DATA EXTRACT:
::::::::

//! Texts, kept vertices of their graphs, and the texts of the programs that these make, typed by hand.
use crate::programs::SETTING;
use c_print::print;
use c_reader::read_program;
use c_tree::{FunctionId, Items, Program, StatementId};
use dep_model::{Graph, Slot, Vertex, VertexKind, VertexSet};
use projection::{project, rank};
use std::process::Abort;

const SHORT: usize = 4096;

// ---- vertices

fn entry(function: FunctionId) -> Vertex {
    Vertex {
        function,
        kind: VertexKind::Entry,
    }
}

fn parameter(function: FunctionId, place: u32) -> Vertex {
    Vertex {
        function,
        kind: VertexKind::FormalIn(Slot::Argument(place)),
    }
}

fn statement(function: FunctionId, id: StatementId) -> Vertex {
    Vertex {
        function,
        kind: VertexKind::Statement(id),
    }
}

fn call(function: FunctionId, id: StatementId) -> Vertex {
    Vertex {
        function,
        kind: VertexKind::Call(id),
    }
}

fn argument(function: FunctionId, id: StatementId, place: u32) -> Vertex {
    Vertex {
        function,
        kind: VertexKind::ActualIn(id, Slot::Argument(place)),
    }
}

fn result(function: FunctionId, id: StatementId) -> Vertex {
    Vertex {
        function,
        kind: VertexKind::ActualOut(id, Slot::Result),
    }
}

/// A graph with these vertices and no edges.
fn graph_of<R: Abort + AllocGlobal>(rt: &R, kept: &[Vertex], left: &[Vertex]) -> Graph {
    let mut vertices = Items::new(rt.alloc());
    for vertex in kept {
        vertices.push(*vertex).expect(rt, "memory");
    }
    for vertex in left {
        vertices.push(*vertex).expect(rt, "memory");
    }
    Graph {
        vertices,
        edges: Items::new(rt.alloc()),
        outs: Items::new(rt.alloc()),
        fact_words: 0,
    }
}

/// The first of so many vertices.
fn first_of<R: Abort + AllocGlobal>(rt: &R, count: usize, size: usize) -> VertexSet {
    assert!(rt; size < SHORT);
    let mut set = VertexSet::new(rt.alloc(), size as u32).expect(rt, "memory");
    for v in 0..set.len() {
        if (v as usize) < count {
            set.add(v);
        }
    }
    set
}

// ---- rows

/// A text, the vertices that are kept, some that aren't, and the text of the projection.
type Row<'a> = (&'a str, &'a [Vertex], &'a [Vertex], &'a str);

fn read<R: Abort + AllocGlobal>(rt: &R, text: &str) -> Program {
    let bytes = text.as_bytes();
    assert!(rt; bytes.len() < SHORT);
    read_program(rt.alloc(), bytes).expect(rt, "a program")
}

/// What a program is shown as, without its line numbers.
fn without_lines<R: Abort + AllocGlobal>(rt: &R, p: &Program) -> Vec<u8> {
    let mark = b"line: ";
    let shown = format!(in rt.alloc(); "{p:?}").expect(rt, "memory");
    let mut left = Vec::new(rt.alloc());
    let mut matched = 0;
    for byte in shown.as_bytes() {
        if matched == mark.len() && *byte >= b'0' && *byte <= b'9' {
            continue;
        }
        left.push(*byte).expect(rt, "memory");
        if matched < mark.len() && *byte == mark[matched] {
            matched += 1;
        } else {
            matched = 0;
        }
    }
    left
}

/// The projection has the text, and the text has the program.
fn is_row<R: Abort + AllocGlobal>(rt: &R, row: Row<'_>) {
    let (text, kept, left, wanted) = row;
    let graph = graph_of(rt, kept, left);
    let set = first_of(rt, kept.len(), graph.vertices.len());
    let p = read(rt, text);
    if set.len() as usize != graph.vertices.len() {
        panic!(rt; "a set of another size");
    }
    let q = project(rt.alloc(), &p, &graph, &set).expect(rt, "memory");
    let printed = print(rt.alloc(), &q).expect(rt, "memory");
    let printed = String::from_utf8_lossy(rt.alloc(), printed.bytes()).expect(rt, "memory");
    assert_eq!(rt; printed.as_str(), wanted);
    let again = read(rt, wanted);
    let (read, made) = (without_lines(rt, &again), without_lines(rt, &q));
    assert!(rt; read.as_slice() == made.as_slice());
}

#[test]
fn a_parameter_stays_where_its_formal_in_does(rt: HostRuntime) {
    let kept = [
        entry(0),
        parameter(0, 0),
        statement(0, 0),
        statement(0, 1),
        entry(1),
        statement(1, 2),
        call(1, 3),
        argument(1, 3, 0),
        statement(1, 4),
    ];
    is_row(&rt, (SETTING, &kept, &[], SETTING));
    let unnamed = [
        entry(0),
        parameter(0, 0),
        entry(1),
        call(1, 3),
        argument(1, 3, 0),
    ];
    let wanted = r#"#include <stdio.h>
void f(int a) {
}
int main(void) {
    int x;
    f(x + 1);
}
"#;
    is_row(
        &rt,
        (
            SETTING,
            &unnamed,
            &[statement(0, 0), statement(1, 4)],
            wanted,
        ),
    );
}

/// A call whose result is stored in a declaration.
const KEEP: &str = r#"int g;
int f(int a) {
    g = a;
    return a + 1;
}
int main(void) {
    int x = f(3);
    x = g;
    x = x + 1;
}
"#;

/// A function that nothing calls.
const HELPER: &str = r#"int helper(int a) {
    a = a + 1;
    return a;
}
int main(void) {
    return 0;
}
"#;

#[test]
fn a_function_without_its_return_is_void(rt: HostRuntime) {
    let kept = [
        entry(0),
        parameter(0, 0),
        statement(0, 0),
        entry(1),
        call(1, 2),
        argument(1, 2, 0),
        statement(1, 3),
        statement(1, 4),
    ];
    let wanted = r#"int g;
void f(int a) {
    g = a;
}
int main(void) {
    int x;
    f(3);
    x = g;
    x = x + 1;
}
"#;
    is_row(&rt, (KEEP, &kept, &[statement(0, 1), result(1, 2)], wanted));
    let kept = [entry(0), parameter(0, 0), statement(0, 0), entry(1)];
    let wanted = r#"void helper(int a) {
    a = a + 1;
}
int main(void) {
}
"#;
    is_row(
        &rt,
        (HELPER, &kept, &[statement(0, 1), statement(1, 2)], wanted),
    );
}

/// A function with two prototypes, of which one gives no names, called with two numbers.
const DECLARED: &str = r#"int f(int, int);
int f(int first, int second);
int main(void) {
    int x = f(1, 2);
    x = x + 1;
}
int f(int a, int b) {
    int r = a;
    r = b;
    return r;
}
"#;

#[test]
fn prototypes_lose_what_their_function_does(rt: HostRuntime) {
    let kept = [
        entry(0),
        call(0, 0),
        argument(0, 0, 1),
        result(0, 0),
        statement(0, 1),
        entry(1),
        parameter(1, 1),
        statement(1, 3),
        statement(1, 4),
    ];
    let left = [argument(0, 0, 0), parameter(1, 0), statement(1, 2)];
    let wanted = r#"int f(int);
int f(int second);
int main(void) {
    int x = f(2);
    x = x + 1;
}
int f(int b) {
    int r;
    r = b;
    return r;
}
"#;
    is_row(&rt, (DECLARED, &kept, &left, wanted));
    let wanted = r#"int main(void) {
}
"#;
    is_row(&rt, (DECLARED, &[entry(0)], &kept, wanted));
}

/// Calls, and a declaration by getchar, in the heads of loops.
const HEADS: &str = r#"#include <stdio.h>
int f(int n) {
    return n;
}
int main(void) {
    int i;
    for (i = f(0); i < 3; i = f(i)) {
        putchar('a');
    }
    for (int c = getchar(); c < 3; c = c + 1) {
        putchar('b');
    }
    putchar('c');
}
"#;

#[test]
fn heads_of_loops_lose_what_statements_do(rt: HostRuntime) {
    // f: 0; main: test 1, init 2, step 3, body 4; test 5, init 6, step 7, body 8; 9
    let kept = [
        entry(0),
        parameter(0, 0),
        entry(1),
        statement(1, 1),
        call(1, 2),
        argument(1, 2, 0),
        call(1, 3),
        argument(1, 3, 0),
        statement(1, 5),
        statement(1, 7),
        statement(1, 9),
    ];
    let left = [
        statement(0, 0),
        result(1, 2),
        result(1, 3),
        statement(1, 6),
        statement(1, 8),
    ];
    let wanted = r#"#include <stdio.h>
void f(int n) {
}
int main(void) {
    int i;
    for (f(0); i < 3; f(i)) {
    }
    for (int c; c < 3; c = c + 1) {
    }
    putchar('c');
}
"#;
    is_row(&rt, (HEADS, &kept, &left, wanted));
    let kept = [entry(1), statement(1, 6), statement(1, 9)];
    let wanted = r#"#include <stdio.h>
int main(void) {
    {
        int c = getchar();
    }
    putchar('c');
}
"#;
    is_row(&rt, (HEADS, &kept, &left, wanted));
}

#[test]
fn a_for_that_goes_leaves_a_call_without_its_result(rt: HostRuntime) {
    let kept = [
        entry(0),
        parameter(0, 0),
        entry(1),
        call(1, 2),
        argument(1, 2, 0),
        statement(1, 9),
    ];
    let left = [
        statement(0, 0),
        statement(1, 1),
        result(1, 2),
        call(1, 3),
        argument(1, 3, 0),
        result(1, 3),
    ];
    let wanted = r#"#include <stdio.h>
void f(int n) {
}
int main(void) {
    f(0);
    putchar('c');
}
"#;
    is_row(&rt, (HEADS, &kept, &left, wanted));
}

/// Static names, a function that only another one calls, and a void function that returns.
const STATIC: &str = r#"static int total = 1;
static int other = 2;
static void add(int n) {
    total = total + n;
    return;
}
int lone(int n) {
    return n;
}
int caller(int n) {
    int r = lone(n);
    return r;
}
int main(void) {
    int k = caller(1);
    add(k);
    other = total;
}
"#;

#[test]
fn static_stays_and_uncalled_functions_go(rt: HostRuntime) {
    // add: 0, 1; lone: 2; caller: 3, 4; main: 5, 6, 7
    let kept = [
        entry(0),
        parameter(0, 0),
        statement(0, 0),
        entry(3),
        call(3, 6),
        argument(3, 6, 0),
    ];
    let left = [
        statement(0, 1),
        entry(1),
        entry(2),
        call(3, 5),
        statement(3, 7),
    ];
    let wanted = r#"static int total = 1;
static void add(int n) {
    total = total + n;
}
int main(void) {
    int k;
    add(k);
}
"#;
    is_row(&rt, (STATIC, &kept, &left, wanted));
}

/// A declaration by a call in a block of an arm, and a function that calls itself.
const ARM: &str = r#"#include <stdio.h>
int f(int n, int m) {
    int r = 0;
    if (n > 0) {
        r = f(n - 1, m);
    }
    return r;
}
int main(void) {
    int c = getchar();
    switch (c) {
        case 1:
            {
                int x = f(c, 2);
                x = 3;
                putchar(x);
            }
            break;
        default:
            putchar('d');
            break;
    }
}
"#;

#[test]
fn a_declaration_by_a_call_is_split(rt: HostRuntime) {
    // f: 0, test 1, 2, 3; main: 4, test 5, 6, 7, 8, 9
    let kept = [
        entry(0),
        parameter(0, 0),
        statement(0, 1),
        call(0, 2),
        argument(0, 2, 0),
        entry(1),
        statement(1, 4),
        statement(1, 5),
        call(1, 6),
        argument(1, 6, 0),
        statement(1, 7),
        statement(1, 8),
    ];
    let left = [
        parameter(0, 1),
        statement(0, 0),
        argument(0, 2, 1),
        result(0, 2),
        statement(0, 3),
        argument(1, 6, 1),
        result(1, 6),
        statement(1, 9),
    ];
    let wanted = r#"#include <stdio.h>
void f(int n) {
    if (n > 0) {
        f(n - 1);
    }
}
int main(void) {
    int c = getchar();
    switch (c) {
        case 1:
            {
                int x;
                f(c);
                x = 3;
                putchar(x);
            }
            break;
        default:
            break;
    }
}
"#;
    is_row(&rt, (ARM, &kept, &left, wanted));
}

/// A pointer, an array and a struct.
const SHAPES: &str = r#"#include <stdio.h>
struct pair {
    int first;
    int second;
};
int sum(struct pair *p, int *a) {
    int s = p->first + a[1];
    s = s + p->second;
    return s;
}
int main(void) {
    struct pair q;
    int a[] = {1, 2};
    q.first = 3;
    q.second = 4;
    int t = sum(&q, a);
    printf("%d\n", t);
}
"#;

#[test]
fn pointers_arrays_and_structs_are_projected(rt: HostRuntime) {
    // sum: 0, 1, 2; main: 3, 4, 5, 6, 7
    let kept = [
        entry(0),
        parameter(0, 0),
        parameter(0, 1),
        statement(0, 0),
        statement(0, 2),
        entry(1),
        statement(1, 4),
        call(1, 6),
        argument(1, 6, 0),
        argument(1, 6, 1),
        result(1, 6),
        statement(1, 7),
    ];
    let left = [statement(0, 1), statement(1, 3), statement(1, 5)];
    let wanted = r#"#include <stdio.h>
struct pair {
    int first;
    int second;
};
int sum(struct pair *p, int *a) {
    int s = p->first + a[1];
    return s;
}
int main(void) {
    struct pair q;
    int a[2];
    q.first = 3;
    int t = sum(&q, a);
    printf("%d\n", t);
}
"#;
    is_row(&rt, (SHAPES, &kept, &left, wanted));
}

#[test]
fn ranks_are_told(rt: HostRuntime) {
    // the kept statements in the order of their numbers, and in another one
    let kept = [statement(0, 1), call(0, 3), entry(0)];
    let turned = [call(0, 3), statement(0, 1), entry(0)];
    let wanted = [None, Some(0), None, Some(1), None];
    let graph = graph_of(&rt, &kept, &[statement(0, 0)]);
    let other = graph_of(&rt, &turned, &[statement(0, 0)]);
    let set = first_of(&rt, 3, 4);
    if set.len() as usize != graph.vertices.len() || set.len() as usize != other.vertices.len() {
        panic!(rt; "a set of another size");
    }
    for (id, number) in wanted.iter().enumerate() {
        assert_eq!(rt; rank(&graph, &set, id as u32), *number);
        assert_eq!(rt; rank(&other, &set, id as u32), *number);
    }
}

::::::::

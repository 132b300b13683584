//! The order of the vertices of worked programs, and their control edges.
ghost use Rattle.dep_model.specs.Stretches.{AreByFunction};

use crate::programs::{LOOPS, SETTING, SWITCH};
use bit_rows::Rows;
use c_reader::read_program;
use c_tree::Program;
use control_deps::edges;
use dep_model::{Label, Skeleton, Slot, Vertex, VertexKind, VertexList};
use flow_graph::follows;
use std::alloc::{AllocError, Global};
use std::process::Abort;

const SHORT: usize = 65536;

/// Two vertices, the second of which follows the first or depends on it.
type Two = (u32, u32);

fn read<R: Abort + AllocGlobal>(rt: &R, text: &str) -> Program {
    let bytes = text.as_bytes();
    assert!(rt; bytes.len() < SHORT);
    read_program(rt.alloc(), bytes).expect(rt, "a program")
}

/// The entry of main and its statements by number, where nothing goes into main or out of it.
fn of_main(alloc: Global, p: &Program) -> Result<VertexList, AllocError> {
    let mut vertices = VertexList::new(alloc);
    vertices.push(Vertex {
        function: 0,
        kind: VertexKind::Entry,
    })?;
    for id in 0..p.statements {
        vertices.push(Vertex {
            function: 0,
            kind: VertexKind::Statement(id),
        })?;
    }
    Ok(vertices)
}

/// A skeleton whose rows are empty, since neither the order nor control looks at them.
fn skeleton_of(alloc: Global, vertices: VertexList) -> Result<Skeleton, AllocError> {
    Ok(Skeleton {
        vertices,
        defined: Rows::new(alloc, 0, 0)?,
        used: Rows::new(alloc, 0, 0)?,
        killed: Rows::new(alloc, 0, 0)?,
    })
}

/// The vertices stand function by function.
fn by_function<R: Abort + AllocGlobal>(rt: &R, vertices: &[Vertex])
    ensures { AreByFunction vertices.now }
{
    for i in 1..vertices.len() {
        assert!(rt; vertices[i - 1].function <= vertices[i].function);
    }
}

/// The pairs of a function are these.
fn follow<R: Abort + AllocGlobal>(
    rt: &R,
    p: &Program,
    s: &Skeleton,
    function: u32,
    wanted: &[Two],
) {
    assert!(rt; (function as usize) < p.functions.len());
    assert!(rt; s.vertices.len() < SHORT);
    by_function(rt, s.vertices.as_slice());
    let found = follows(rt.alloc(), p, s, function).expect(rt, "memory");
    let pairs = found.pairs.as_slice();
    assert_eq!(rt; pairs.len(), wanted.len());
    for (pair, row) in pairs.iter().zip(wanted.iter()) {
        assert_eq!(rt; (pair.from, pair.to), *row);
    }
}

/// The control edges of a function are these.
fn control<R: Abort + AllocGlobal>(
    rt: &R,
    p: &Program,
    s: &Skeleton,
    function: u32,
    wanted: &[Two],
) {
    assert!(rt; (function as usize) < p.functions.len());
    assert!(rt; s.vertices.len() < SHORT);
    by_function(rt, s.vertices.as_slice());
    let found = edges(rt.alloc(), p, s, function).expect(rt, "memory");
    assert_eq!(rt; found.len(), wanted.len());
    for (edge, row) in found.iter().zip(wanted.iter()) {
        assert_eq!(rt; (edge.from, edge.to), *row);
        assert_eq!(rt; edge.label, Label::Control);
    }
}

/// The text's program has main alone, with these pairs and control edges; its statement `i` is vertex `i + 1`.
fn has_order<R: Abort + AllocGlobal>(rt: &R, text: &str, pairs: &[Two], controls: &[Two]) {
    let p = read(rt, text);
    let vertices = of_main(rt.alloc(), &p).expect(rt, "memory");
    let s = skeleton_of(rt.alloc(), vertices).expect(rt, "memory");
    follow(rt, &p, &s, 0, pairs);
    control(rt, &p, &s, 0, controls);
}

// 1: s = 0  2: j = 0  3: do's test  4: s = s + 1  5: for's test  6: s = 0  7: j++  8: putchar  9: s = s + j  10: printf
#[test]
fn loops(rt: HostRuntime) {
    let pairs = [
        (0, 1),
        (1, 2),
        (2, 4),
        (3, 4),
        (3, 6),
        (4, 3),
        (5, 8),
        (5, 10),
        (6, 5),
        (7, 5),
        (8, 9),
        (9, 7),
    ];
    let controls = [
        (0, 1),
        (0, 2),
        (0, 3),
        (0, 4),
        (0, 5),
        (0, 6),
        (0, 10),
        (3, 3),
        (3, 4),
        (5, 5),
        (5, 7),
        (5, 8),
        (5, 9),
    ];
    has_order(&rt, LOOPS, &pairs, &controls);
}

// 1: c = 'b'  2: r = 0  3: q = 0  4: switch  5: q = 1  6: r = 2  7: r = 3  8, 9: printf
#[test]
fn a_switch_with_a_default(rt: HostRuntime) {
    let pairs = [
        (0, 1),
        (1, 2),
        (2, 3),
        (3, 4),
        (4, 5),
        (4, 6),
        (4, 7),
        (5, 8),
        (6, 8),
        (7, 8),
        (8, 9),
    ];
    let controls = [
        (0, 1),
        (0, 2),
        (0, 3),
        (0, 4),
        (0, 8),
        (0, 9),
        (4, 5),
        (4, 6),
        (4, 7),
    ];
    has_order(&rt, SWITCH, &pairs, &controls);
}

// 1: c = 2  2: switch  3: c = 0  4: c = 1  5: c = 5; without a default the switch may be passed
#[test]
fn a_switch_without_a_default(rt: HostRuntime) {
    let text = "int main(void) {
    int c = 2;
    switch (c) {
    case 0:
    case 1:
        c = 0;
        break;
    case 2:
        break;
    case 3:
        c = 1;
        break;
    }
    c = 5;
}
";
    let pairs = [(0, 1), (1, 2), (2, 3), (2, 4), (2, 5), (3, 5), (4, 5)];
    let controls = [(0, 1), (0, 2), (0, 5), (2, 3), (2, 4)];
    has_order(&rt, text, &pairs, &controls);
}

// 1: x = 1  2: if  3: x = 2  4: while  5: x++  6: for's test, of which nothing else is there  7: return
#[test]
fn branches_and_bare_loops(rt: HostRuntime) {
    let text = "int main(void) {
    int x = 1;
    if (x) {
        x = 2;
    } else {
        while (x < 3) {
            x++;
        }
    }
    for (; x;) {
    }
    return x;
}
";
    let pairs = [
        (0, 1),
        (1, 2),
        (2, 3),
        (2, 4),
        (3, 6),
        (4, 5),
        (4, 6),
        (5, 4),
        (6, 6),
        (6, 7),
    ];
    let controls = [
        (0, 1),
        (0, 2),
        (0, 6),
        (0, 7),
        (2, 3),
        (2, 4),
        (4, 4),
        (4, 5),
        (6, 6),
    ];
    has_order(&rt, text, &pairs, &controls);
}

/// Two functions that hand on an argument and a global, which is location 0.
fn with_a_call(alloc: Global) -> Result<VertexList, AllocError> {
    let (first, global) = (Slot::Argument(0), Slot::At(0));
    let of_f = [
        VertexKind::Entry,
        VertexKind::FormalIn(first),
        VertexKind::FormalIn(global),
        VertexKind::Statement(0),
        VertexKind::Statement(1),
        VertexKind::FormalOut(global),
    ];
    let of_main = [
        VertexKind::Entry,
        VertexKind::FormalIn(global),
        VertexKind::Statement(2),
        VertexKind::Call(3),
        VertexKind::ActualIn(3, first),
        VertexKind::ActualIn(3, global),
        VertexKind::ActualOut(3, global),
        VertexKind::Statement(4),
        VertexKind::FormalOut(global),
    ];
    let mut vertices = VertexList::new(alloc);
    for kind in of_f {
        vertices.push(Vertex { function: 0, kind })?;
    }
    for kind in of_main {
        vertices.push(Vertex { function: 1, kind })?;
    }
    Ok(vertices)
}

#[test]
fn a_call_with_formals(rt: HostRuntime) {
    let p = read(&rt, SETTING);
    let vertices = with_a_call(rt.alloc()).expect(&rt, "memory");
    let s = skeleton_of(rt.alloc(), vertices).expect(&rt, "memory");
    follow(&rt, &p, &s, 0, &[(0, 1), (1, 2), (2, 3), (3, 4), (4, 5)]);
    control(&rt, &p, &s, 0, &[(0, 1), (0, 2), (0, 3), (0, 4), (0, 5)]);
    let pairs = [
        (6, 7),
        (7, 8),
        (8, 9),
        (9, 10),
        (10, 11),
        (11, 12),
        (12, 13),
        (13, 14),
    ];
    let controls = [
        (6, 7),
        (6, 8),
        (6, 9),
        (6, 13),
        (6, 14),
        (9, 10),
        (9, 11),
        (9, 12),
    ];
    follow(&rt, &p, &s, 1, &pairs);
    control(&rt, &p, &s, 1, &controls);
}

::::::::

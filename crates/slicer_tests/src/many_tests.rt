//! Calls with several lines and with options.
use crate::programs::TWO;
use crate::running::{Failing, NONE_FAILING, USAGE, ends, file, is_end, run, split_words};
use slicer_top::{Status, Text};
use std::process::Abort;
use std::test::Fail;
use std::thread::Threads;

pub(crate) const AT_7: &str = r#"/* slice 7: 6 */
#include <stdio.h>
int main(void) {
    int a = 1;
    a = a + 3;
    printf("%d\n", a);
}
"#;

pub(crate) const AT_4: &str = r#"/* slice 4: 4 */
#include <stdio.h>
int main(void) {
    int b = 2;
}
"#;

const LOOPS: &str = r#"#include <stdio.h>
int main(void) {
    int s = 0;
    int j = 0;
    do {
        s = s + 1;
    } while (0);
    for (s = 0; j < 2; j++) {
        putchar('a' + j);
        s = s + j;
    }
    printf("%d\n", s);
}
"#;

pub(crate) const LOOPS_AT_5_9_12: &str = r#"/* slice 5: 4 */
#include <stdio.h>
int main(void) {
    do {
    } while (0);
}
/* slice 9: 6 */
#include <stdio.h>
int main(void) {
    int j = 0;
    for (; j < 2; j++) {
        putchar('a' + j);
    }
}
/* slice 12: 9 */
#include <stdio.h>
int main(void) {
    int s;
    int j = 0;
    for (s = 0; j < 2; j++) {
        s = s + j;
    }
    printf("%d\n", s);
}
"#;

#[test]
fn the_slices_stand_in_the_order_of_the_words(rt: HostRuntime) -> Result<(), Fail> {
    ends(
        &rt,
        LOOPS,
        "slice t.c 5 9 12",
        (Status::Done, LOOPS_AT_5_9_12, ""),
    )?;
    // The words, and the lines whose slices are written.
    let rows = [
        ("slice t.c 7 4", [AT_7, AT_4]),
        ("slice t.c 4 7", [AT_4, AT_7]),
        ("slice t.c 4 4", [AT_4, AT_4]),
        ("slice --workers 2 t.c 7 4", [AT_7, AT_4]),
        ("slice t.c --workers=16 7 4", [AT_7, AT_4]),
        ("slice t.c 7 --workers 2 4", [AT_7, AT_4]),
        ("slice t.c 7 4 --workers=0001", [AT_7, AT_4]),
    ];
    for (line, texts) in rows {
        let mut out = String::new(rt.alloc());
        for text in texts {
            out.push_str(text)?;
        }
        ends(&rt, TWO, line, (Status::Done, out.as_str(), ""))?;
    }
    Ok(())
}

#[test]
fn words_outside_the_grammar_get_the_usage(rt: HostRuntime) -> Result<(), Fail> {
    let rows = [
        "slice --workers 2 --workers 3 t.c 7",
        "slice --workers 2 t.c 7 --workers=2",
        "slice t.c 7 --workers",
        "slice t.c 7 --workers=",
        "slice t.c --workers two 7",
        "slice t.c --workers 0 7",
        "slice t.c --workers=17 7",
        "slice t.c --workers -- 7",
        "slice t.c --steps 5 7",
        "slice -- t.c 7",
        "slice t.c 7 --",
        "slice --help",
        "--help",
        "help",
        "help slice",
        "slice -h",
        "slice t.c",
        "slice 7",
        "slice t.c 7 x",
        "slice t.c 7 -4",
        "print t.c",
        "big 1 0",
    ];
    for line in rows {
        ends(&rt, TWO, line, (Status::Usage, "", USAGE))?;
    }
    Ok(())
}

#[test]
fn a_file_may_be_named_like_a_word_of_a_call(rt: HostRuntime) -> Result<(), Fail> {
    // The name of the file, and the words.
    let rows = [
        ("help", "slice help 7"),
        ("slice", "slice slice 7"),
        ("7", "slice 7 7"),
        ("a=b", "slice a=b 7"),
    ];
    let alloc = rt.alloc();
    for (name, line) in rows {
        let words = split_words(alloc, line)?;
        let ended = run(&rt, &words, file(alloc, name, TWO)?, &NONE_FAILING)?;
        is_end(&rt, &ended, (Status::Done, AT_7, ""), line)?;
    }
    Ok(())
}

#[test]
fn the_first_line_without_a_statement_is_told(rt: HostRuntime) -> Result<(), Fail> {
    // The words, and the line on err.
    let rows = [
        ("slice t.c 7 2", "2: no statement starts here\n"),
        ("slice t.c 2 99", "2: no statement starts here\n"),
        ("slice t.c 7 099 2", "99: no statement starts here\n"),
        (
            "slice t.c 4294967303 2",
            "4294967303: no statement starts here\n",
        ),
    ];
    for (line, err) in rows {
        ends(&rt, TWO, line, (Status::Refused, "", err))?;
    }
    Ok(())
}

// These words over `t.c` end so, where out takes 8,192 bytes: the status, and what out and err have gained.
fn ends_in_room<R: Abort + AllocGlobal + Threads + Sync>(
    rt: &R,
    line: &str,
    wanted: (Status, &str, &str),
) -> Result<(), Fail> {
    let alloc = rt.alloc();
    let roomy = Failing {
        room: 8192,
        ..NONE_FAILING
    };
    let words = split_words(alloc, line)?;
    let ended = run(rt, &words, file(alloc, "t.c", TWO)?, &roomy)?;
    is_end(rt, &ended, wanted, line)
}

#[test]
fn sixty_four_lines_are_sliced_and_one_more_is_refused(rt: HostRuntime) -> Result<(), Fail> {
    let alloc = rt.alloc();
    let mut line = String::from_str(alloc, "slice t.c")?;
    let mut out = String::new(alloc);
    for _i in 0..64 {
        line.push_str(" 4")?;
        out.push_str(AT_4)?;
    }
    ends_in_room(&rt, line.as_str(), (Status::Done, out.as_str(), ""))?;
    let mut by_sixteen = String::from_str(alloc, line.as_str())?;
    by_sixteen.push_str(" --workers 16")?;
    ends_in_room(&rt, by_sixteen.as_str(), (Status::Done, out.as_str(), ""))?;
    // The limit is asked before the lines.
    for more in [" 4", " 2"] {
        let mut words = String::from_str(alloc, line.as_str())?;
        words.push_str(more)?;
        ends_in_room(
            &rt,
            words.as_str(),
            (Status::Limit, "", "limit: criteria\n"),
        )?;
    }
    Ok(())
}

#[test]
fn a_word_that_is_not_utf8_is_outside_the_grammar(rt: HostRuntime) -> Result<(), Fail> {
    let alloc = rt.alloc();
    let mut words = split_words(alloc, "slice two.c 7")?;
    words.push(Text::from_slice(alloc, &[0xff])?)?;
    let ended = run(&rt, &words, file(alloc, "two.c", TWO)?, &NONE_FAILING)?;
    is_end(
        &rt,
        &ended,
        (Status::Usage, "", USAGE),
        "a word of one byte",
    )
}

::::::::

ASSIGNMENT: Check each line above for the word "again" and copy the ones that have it.

EXERCISE RESPONSE:
    let again = read(rt, wanted);
    let (read, made) = (without_lines(rt, &again), without_lines(rt, &q));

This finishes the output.